#### EXERCISE DESCRIPTION:
Extract the final stretch of the data: the line that contains "use std::alloc::AllocError;" and every line after it, unaltered, and no other lines.

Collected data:
☆ ☆ ☆ ☆ ☆ ☆ ☆
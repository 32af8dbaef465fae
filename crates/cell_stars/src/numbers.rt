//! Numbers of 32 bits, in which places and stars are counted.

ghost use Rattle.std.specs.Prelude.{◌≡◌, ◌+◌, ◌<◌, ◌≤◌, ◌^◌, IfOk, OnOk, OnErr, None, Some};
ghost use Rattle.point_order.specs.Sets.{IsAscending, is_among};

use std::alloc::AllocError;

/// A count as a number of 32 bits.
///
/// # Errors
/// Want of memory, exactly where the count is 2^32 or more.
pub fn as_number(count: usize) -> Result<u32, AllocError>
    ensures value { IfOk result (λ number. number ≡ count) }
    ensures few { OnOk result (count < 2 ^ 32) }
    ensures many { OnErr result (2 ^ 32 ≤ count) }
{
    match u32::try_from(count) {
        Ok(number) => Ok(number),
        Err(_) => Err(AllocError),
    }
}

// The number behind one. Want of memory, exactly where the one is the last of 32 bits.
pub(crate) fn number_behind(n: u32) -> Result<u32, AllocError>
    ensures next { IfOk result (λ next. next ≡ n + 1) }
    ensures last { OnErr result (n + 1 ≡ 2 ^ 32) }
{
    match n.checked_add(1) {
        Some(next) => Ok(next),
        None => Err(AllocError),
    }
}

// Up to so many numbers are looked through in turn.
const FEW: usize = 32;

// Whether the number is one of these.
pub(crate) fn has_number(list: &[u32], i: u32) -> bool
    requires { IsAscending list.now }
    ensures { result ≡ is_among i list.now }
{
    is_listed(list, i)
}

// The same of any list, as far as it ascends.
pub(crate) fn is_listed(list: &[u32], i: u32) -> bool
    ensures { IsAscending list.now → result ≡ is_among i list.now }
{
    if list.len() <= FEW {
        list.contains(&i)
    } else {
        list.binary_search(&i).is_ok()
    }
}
☆ ☆ ☆ ☆ ☆ ☆ ☆
#### SOLVED PROBLEM:
use std::alloc::AllocError;

/// A count as a number of 32 bits.
///
/// # Errors
/// Want of memory, exactly where the count is 2^32 or more.
pub fn as_number(count: usize) -> Result<u32, AllocError>
    ensures value { IfOk result (λ number. number ≡ count) }
    ensures few { OnOk result (count < 2 ^ 32) }
    ensures many { OnErr result (2 ^ 32 ≤ count) }
{
    match u32::try_from(count) {
        Ok(number) => Ok(number),
        Err(_) => Err(AllocError),
    }
}

// The number behind one. Want of memory, exactly where the one is the last of 32 bits.
pub(crate) fn number_behind(n: u32) -> Result<u32, AllocError>
    ensures next { IfOk result (λ next. next ≡ n + 1) }
    ensures last { OnErr result (n + 1 ≡ 2 ^ 32) }
{
    match n.checked_add(1) {
        Some(next) => Ok(next),
        None => Err(AllocError),
    }
}

// Up to so many numbers are looked through in turn.
const FEW: usize = 32;

// Whether the number is one of these.
pub(crate) fn has_number(list: &[u32], i: u32) -> bool
    requires { IsAscending list.now }
    ensures { result ≡ is_among i list.now }
{
    is_listed(list, i)
}

// The same of any list, as far as it ascends.
pub(crate) fn is_listed(list: &[u32], i: u32) -> bool
    ensures { IsAscending list.now → result ≡ is_among i list.now }
{
    if list.len() <= FEW {
        list.contains(&i)
    } else {
        list.binary_search(&i).is_ok()
    }
}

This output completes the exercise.